De Luca Andrea, Vendittelli Marilena, Baldini Francesco, Di Giambenedetto Simona, Trotta Maria Paola, Cingolani Antonella, Bacarelli Alessandra, Gori Caterina, Perno Carlo Federico, Antinori Andrea, Ulivi Giovanni
Institute of Clinical Infectious Diseases, Catholic University, Rome, Italy.
Antivir Ther. 2004 Aug;9(4):583-93.
To evaluate whether fuzzy operators can be usefully applied to the interpretation of genotypic HIV-1 drug resistance by experts, and to improve the prediction of salvage therapy outcome by adapting interpretation rules of genotypic resistance on the basis of their association with virological response data.

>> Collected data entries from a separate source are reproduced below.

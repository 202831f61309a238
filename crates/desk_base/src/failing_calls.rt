//! FailingCalls: a clause sees which calls are to fail, by their numbers, and how many were made.

ghost use Rattle.std.specs.Prelude.{◌≡◌, IfOk};
ghost use Rattle.desk_base.specs.MemoryStreams as spec;

use crate::Memory;
use std::alloc::Global;
use std::marker::Model;

/// Which calls of an object in memory are to fail, told by their numbers, counted from 1.
#[derive(Debug, Drop)]
pub struct FailingCalls {
    failing: Vec<u64>,
    made: u64,
}

impl Model for FailingCalls {
    ghost use Rattle.desk_base.specs.MemoryStreams.{CallPlan};

    ghost Value = { CallPlan };

    ghost view = { λ p. record { failing = p.failing.items; made = p.made } };
}

impl FailingCalls {
    /// The plan in which the calls of these numbers fail, before the first call.
    pub fn new(alloc: Global, failing: &[u64]) -> Result<FailingCalls, Memory>
        ensures { IfOk result (λ p. p ≡ record { failing = failing.now; made = 0 }) }
    {
        Ok(FailingCalls {
            failing: Vec::from_slice(alloc, failing)?,
            made: 0,
        })
    }

    /// Counts a call, and says whether it is to fail. The count stands still at 2^64 - 1.
    pub fn count_call(&mut self) -> bool
        ensures fails { result ≡ spec.next_fails self.old }
        ensures counted { self.new ≡ spec.after_call self.old }
    {
        self.made = self.made.saturating_add(1);
        self.failing.contains(&self.made)
    }
}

We used a clinical dataset of 231 patients failing highly active antiretroviral therapy (HAART) and starting salvage therapy with baseline resistance genotyping and virological outcomes after 3 and 6 months. A set of rules predicting genotypic resistance was initially derived from an expert (ADL). Rules were implemented using a fuzzy logic approach and the virological outcomes dataset used for the training phase. The resulting algorithm was validated using a separate set of 184 selected patients by correlating the resulting predicted activity with observed virological response at 3 months. For comparison, the expert systems from the drug resistance group of the Agence Nationale de Recherches sur le SIDA (ANRS-AC11) and the algorithm from the Stanford's HIV drug resistance database (Stanford HIVdb) were evaluated on the same set.

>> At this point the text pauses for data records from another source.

//! Day: a clause sees one as its number, 1 for 0001-01-01.

ghost use Rattle.std.specs.Prelude.{◌≡◌, ◌≤◌, pos, ◌≤ℤ◌, ◌↔◌, IfOk, IfSome, IsSome, string_bytes, unsigned_abs};
ghost use Rattle.desk_base.specs.Days as spec;

use crate::Memory;
use jiff_core::civil::Date;
use std::alloc::Global;
use std::marker::Model;

/// A day of the proleptic Gregorian calendar, from 0001-01-01 to 9999-12-31.
#[derive(Clone, Copy, Debug, PartialEq, Eq, PartialOrd, Ord, Hash)]
pub struct Day {
    number: u32,
}

impl Model for Day {
    ghost use Rattle.std.specs.Prelude.{ℕ};
    ghost use Rattle.desk_base.specs.Days.{IsDay};

    ghost Value = { ℕ };

    ghost view = { λ d. d.number };

    ghost invariant = { λ d. IsDay d.number };

    ghost inverse = { λ n. record { number = n } };
}

// What a digit is worth.
fn digit(byte: u8) -> Option<u16>
    ensures { result ≡ spec.digit_of byte }
{
    if b'0' <= byte && byte <= b'9' {
        Some((byte - b'0') as u16)
    } else {
        None
    }
}

// What two digits are worth.
#[tactic(auto, unfolding(crate::specs::Days::pair_of))]
fn pair(a: u8, b: u8) -> Option<u16>
    ensures value { result ≡ spec.pair_of a b }
    ensures bound { IfSome result (λ n. n ≤ 99) }
{
    let tens = digit(a)?;
    let ones = digit(b)?;
    Some(10 * tens + ones)
}

// The number of a date after the year 0.
fn number_of(date: Date) -> u32
    requires { pos 1 ≤ℤ date.year }
    ensures value { result ≡ spec.number_of (unsigned_abs date.year) date.month date.day }
    ensures bound { spec.IsDay result }
{
    date.days_since_min() - 3_652_424
}

// The day that a year, a month and a day of the month name, if the calendar has it.
#[tactic(auto, unfolding(crate::specs::Days::day_on))]
fn day_on(year: u16, month: u16, day: u16) -> Option<Day>
    requires year { year ≤ 9999 }
    requires month { month ≤ 99 }
    requires day { day ≤ 99 }
    ensures { result ≡ spec.day_on year month day }
{
    if year == 0 {
        return None;
    }
    match Date::new(year as i16, month as i8, day as i8) {
        Ok(date) => Some(Day {
            number: number_of(date),
        }),
        Err(_) => None,
    }
}

// The last decimal digit of a number, as it is printed.
fn last_digit(n: u16) -> u8
    ensures { result ≡ spec.last_digit n }
{
    b'0' + (n % 10) as u8
}

// The ten bytes of a date.
#[tactic(auto, unfolding(crate::specs::Days::date_text))]
fn date_bytes(date: Date) -> [u8; 10]
    ensures { result ≡ spec.date_text (unsigned_abs date.year) date.month date.day }
{
    let year = date.year.unsigned_abs();
    let month = date.month as u16;
    let day = date.day as u16;
    [
        last_digit(year / 1000),
        last_digit(year / 100),
        last_digit(year / 10),
        last_digit(year),
        b'-',
        last_digit(month / 10),
        last_digit(month),
        b'-',
        last_digit(day / 10),
        last_digit(day),
    ]
}

fn year_in(date: Date) -> u16
    ensures { result ≡ unsigned_abs date.year }
{
    date.year.unsigned_abs()
}

impl Day {
    /// The number of the day: 1 for 0001-01-01, and 3652059 for 9999-12-31.
    pub fn number(&self) -> i32
        ensures { result ≡ pos self.now }
    {
        self.number as i32
    }

    /// The day of a number, from 1 for 0001-01-01 to 3652059 for 9999-12-31; no other number has one.
    pub fn from_number(n: i32) -> Option<Day>
        ensures some { IsSome result ↔ ((pos 1 ≤ℤ n) × (n ≤ℤ pos 3652059)) }
        ensures value { IfSome result (λ d. pos d ≡ n) }
    {
        if 1 <= n && n <= 3_652_059 {
            Some(Day { number: n as u32 })
        } else {
            None
        }
    }

    /// The day on which so many seconds have gone by since 1970-01-01 began, by the clock of UTC. After 9999-12-31 it
    /// is that day still.
    pub(crate) fn since_1970(seconds: u64) -> Day
        ensures { result ≡ spec.day_since_1970 seconds }
    {
        Day {
            number: (719_163 + seconds / 86_400).min(3_652_059) as u32,
        }
    }

    /// The year in which the day lies.
    pub fn year(&self) -> u16
        ensures { result ≡ spec.year_of self.now }
    {
        year_in(Date::from_days_since_min(self.number + 3_652_424))
    }

    /// The day that a text spells. It has ten bytes, YYYY-MM-DD, a year from 0001, and a month and a
    /// day that the calendar has.
    #[tactic(auto, unfolding(crate::specs::Days::day_of))]
    pub fn from_text(text: &str) -> Option<Day>
        ensures { result ≡ spec.day_of text.now }
    {
        let text = text.as_bytes();
        if text.len() != 10 || text[4] != b'-' || text[7] != b'-' {
            return None;
        }
        let century = pair(text[0], text[1])?;
        let year = pair(text[2], text[3])?;
        let month = pair(text[5], text[6])?;
        let day = pair(text[8], text[9])?;
        day_on(100 * century + year, month, day)
    }

    /// Writes the ten bytes of the day, YYYY-MM-DD.
    pub fn put(&self, out: &mut [u8; 10])
        ensures { out.new ≡ spec.day_text self.now }
    {
        *out = date_bytes(Date::from_days_since_min(self.number + 3_652_424));
    }

    /// The day as it is printed, YYYY-MM-DD.
    pub fn spelled(self, alloc: Global) -> Result<String, Memory>
        ensures { IfOk result (λ s. string_bytes s ≡ spec.day_text self) }
    {
        let mut bytes = [0; 10];
        self.put(&mut bytes);
        match str::from_utf8(&bytes) {
            Ok(text) => Ok(String::from_str(alloc, text)?),
            Err(_) => unreachable!(),
        }
    }
}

The starting algorithm had a correlation with virological outcomes of R2=0.06 (P=0.0001). After the training phase the correlation with virological outcomes increased to R2=0.19 (P<0.000001). In the validation set of patients, the activity of the salvage regimen predicted by the fuzzy algorithm was the only variable independently predictive of the 3-month viral load change even after adjusting by the activity predicted by the two expert systems and baseline viral load (for each 10% salvage regimen's activity increase, mean HIV RNA change from baseline: -0.27 log10 copies/ml; 95% CI -0.39, -0.15).

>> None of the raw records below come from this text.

//! A source over any of Rust's readers, as standard input. It counts each refusal.

ghost use Rattle.std.specs.Prelude.{◌≡◌, ◌≤◌, ◌-◌, ◌^◌, min, IfOk, OnErr, OnOk, length};
ghost use Rattle.desk_base.specs.Streams.{HasCause, Rose};

#[cfg(test)]
mod tests;

use crate::source::count_fault;
use crate::{Failed, Source};
use std::io::Read;

/// A reader as a source. It tells what is left where the reader does.
///
/// It gives at most 2^64 - 1 bytes in all; a read after that is a fault, so that each loop that reads
/// comes to an end.
#[derive(Drop)]
pub struct ReaderSource<R> {
    reader: R,
    room: u64,
    faults: u64,
}

impl<R: Read> ReaderSource<R> {
    /// The reader's bytes from here on, with no faults so far.
    pub fn new(reader: R) -> ReaderSource<R>
        ensures left { ⟦<ReaderSource<R> as Source>⟧.left result ≡ R.remaining reader }
        ensures room { ⟦<ReaderSource<R> as Source>⟧.room result ≡ 2 ^ 64 - 1 }
        ensures faults { ⟦<ReaderSource<R> as Source>⟧.faults result ≡ 0 }
    {
        ReaderSource {
            reader,
            room: u64::MAX,
            faults: 0,
        }
    }
}

impl<R: Read> Source for ReaderSource<R> {
    ghost left = { λ s. R.remaining s.reader };

    ghost room = { λ s. s.room };

    ghost faults = { λ s. s.faults };

    fn read(&mut self, into: &mut [u8]) -> Result<usize, Failed> {
        if self.room == 0 {
            return Err(count_fault(&mut self.faults));
        }
        let most = (into.len() as u64).min(self.room) as usize;
        match self.reader.read(&mut into[..most]) {
            Ok(n) => {
                self.room -= n as u64;
                Ok(n)
            }
            Err(_) => Err(count_fault(&mut self.faults)),
        }
    }
}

Using fuzzy operators in a virological outcomes training database to implement a rules-based algorithm for genotypic resistance interpretation, significant improvements of outcomes prediction were obtained. The resulting algorithm showed an independent predictive capability of virological outcomes over that of two rules-based interpretation algorithms made by experts. Although the system was trained and validated on a limited number of cases, the approach deserves further evaluation.
评估模糊算子是否能有效地应用于专家对HIV-1基因型耐药性的解读,并通过根据基因型耐药性与病毒学应答数据的关联调整解读规则,来改善挽救治疗结果的预测。
我们使用了一个包含231例高效抗逆转录病毒治疗(HAART)失败且开始挽救治疗的患者的临床数据集,这些患者有基线耐药基因分型以及3个月和6个月后的病毒学结果。一组预测基因型耐药性的规则最初由一位专家(ADL)得出。使用模糊逻辑方法和用于训练阶段的病毒学结果数据集来实施这些规则。通过将所得预测活性与3个月时观察到的病毒学应答相关联,使用另一组184例选定患者对所得算法进行验证。为作比较,在同一组患者中对法国国家艾滋病研究机构(ANRS-AC11)耐药性小组的专家系统和斯坦福HIV耐药数据库(Stanford HIVdb)的算法进行评估。
初始算法与病毒学结果的相关性为R2 = 0.06(P = 0.0001)。训练阶段后,与病毒学结果的相关性增至R2 = 0.19(P < 0.000001)。在患者验证集中,即使在根据两个专家系统预测的活性和基线病毒载量进行调整后,模糊算法预测的挽救治疗方案活性仍是独立预测3个月病毒载量变化的唯一变量(挽救治疗方案活性每增加10%,HIV RNA相对于基线的平均变化:-0.27 log10拷贝/ml;95%置信区间-0.39,-0.15)。
在病毒学结果训练数据库中使用模糊算子来实施基于规则的基因型耐药性解读算法,可显著改善结果预测。所得算法显示出相对于专家制定的两种基于规则的解读算法而言,对病毒学结果具有独立的预测能力。尽管该系统是在有限数量的病例上进行训练和验证的,但该方法值得进一步评估。